“Your children?” asked Sebastian, keeping his voice steady with difficulty.
Ambrose followed his gaze. “Yes.” He sucked in a quick breath that shuddered his chest. “That was painted seven years ago. They’re both dead now. We lost Benjamin last summer, and Lawrence in November.”
Oh, Jesus, thought Sebastian, his heart aching for this man’s tragic series of losses. “I’m sorry.”
Ambrose swiped one hand across his face and nodded.
Sebastian said quietly, “Did your wife have any family?”
“Not really. Jane lost her mother when she was still quite young, while her father passed away ten years ago or so—not long after Jane’s twin, James. And then her sister, Jilly, died two years ago. Consumption, same as James. A dangerous weakness to the disease seems to run in the family.”

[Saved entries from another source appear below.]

//! Shadow roots (DOM Standard, concept: attach a shadow root).
ghost use Rattle.std.specs.Prelude.{◌≡◌, ◌↔◌, ◌++◌, ◌∷◌, [], length, true, false, Some, IfOk, OnOk};
ghost use Rattle.dom_base.specs.declared.Kind.TheVariants.{Shadow};
ghost use Rattle.dom_base.specs.declared.Refusal.{Refusal as RefusalOf};
ghost use Rattle.dom_model.specs.DocumentMachine.{attaching};
ghost use Rattle.dom_model.specs.Tree.{kind_of, is_element};
ghost use Rattle.dom_model.specs.World.{part_of, is_there, component_made, shadow_root_of};
ghost use Rattle.dom_mutation.specs.Doc.{name_in, owner_in, trees_in, attaching_refusal, HoldsNode};

use crate::Doc;
use crate::settling::given_up;
use dom_base::Fault;
use node_arena::Key;
use std::alloc::AllocError;

impl Doc {
    /// Attaches a shadow root to an element: node 0 of a new component of its owner, with the element's node document; the
    /// answer is its key. Refused with `NotSupported` to a host and to an element whose name may be no host's, and then with
    /// `Limit` where the owner has made as many components as it may or its word has as many numbers as it may, with nothing
    /// changed (DOM Standard, attach a shadow root; the limit is an own rule). Where memory is refused, the document is given up:
    /// its keys name no nodes any more.
    pub fn attach(&mut self, host: Key) -> Result<Key, Fault>
        requires host_is_node { HoldsNode self.old host }
        requires element { is_element (kind_of (trees_in self.old host) (name_in self.old host)) ≡ true }
        ensures key { IfOk result (λ key. key ≡ length self.old.names) }
        ensures names { OnOk result (self.new.names ≡ self.old.names ++
            shadow_root_of (component_made (owner_in self.old host) (length (part_of self.old.world (owner_in self.old host)).attached)) ∷ []) }
        ensures world { OnOk result (self.new.world ≡ (attaching self.old.world (owner_in self.old host) (name_in self.old host)).0) }
        ensures refused { (r : RefusalOf) → (result ≡ Err (Fault.Refused r)) ↔
            (attaching_refusal (part_of self.old.world (owner_in self.old host)) (name_in self.old host) ≡ Some r) }
        ensures unchanged { (r : RefusalOf) → result ≡ Err (Fault.Refused r) → self.new ≡ self.old }

        // The component is a new one.
        ensures fresh { OnOk result (is_there self.old.world
            (component_made (owner_in self.old host) (length (part_of self.old.world (owner_in self.old host)).attached)) ≡ false) }
    {
        match self.parts.attach(host) {
            Ok(root) => Ok(root),
            Err(Fault::Refused(refusal)) => Err(Fault::Refused(refusal)),
            Err(Fault::Memory) => Err(Fault::from(given_up(&mut self.parts, AllocError))),
        }
    }
}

“How long has Jane served as Princess Charlotte’s piano instructor?”
Ambrose looked thoughtful. “It must be nine or ten years, at least. Why?”
“So she knew the Princess well?”
“She did, yes. But surely you don’t think her death could have anything to do with Charlotte?”
“At this point, I don’t know. Did she talk much about the Princess?”
“Not really. You don’t stay with the Princess long if you talk about her—or even get too friendly with her. If Prinny could have his way, that poor girl would be attended only by deaf-mutes who hate her.”
The rough anger in the man’s voice didn’t surprise Sebastian. There were few in contact with the Prince Regent who didn’t come away with sentiments ranging from contempt to disgust. “Who else did your wife teach?”
Ambrose frowned. “She’s had various pupils over the years. But the only one I can name off the top of my head is Anna Rothschild.”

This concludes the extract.